紀州犬の先祖のお話し
むかしむかし、紀の国は阪本村(現三重県御浜町坂本)に弥九郎という鉄砲うちの名人がおった。
ある日、弥九郎が新宮からの帰り道、のどに骨がひっかかり苦しんでいる一匹のオオカミを見つけた。弥九郎はオオカミを助けると、「もし良ければ、お前の子どもを一匹俺にくれんかのう。」と言ってオオカミをはなしてやった。
それからしばらくして、弥九郎の家の前に一匹のオオカミの子がおいてあった。弥九郎はそのオオカミの子にマンという名前をつけ、大切に育てた。
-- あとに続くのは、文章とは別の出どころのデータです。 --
//! Atoms.

ghost use Rattle.std.specs.Prelude.{◌≡◌, ◌↔◌, IfOk, IsTrue};
ghost use Rattle.gp_values.specs.Atoms.{IsAtom};
ghost use Rattle.gp_values.specs.declared.atom.Atom.TheVariants.{Int, Str};

use crate::chars::Chars;
use crate::integer::Integer;
use gp_memory::NoMemory;
use sqlite_items::Boxed;
use std::alloc::Global;
use std::cmp::Ordering;

/// One item of a list: an integer of 128 bits or a string (Plump 2012, section 2).
#[derive(Drop)]
pub enum Atom {
    Int(Integer),
    Str(Boxed<Chars>),
}

impl Atom {
    /// The atom of an integer. It takes no memory.
    pub fn of_integer(value: i128) -> Atom
        ensures { result ≡ Int value }
    {
        Atom::Int(Integer::new(value))
    }

    /// The atom of a string.
    pub fn of_string(alloc: Global, characters: Chars) -> Result<Atom, NoMemory>
        ensures { IfOk result (λ v. v ≡ Str characters) }
    {
        Ok(Atom::Str(Boxed::new(alloc, characters)?))
    }

    /// A copy of its own memory.
    pub fn copy(&self, alloc: Global) -> Result<Atom, NoMemory>
        ensures { IfOk result (λ v. v ≡ self.now) }
    {
        match self {
            Atom::Int(n) => Ok(Atom::of_integer(n.get())),
            Atom::Str(text) => Atom::of_string(alloc, text.get().copy(alloc)?),
        }
    }

    /// Whether both are one integer or one string.
    pub fn same(&self, other: &Atom) -> bool
        ensures { IsTrue result ↔ (self.now ≡ other.now) }
    {
        *self == *other
    }

    // What every atom keeps, told to a caller.
    pub(crate) fn told(&self)
        ensures { IsAtom self.now }
    {
        match self {
            Atom::Int(n) => {
                let _read = n.get();
            }
            Atom::Str(text) => {
                let _codes = text.get().as_bytes();
            }
        }
    }
}

// What stands in a place of a list that no atom has taken.
impl Default for Atom {
    fn default() -> Atom {
        Atom::of_integer(0)
    }
}

impl PartialEq for Atom {
    ghost use Rattle.gp_values.specs.Atoms.{same_atom};
    ghost use Rattle.gp_values.specs.inside.CompareLaws.{atoms_per};

    ghost eq = { same_atom };

    ghost laws = { atoms_per };

    fn eq(&self, other: &Atom) -> bool {
        match (self, other) {
            (Atom::Int(x), Atom::Int(y)) => x.get() == y.get(),
            (Atom::Str(s), Atom::Str(t)) => *s.get() == *t.get(),
            _ => false,
        }
    }
}

impl Eq for Atom {
    ghost use Rattle.gp_values.specs.inside.CompareLaws.{atoms_equiv};

    ghost laws = { atoms_equiv };
}

impl PartialOrd for Atom {
    ghost use Rattle.std.specs.Prelude.{Some};
    ghost use Rattle.gp_values.specs.Compare.{atom_cmp};
    ghost use Rattle.gp_values.specs.inside.CompareLaws.{atoms_po};

    ghost partial_cmp = { λ x y. Some (atom_cmp x y) };

    ghost laws = { atoms_po };

    fn partial_cmp(&self, other: &Atom) -> Option<Ordering> {
        Some(self.cmp(other))
    }
}

// Integers come before strings.
impl Ord for Atom {
    ghost use Rattle.std.specs.Prelude.{refl};
    ghost use Rattle.gp_values.specs.Compare.{atom_cmp};
    ghost use Rattle.gp_values.specs.inside.CompareLaws.{atoms_total, atoms_ties};

    ghost cmp = { atom_cmp };

    ghost total = { atoms_total };

    ghost matches_partial_cmp = { λ x y. refl };

    ghost matches_eq = { atoms_ties };

    fn cmp(&self, other: &Atom) -> Ordering {
        match (self, other) {
            (Atom::Int(x), Atom::Int(y)) => x.get().cmp(&y.get()),
            (Atom::Int(_), Atom::Str(_)) => Ordering::Less,
            (Atom::Str(_), Atom::Int(_)) => Ordering::Greater,
            (Atom::Str(s), Atom::Str(t)) => s.get().cmp(t.get()),
        }
    }
}
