//! What holds of graphs as the specifications define them. Each function does nothing: its contract is the law.

ghost use Rattle.gp_values.specs.Laws.{EditsKeepGraphs, EditsChangeOnePlace, EditsAreTakenBack, SameGraphs, TestsEquality};
ghost use Rattle.gp_values.specs.Compare.{OrdersLists};
ghost use Rattle.gp_values.specs.Order.{WalksMeetAll};

/// Each edit of a graph leaves a graph.
pub fn edits_keep_graphs()
    ensures { EditsKeepGraphs }
{}

/// An edit changes what it names, and nothing else.
pub fn edits_change_one_place()
    ensures { EditsChangeOnePlace }
{}

/// A removal is taken back by putting, an addition by removing and lowering the next number, a relabelling by
/// relabelling.
pub fn edits_are_taken_back()
    ensures { EditsAreTakenBack }
{}

/// Graphs are equal where their nodes, edges and next numbers are.
pub fn same_graphs()
    ensures { SameGraphs }
{}

/// The test of equality of the definitions is exact.
pub fn tests_equality()
    ensures { TestsEquality }
{}

/// A walk over the numbers below the next ones meets all nodes and edges, in order.
pub fn walks_meet_all()
    ensures { WalksMeetAll }
{}

/// The order of lists is total, and only equal lists are tied.
pub fn orders_lists()
    ensures { OrdersLists }
{}
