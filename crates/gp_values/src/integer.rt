//! Integers in two halves.

ghost use Rattle.std.specs.Prelude.{◌≡◌};

use std::marker::Model;

const HALF: u128 = 1 << 64;

/// An integer of 128 bits, in two halves: so an atom takes 24 bytes, where an integer that begins at a multiple of sixteen
/// would make it one of 32. Contracts see the integer.
#[derive(Drop)]
pub struct Integer {
    high: u64,
    low: u64,
}

impl Model for Integer {
    ghost use Rattle.std.specs.Prelude.{ℤ, ◌+◌, ◌*◌, ◌^◌};
    ghost use Rattle.std.specs.Int.{w128, cast_signed};

    ghost Value = { ℤ };

    ghost view = { λ a. cast_signed w128 (a.high * 2 ^ 64 + a.low) };
}

impl Integer {
    /// This integer.
    pub fn new(value: i128) -> Integer
        ensures { result ≡ value }
    {
        let bits = value.cast_unsigned();
        Integer {
            high: (bits / HALF) as u64,
            low: (bits % HALF) as u64,
        }
    }

    /// The integer as a number.
    pub fn get(&self) -> i128
        ensures { result ≡ self.now }
    {
        (u128::from(self.high) * HALF + u128::from(self.low)).cast_signed()
    }
}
マンは立派な猟犬になり、村のみんなに“弥九郎の犬”と呼ばれ、かわいがられた。
ある年のこと、新宮の殿様が、このあたりの村々の鉄砲うちを集めて狩りをすることになり、弥九郎もマンをつれて出かけていった。狩りがはじまり、殿様がそのようすを山の上で見ていると、そこへ一頭の大イノシシが飛びかかってきた。その時、どこからともなく一匹の犬がイノシシに襲いかかり、あぶないところで殿様は助かった。
「あれはだれの犬じゃ?」とたずねると「この犬は、阪本村の弥九郎の犬でございます。」ということで、弥九郎は殿様からたいそうなおほめの言葉とごほうびをどっさりもらって村に帰った。
村では、村中の人々が「弥九郎とマンはたいしたもんじゃのう。」とたいそう評判になったが、ある日、弥九郎のおばさんがこんな話をした。「この犬はオオカミのさずけもんと聞いとるが、オオカミは生きもんを千匹殺すと、しまいには飼い主にもおそいかかるということじゃ。イナゴ一匹でもその数に入るというんやから、もうかれこれ千匹に近かろう、今のうちに何とかせんとえらいことになるぞ。」マンはこの話を聞いていたのか、その夜おそく三回の遠吠えをすると、弥九郎のところから姿を消してしまった。
この弥九郎の犬が、後の紀州犬の先祖ということで、紀州犬はオオカミの血を引いているといわれています。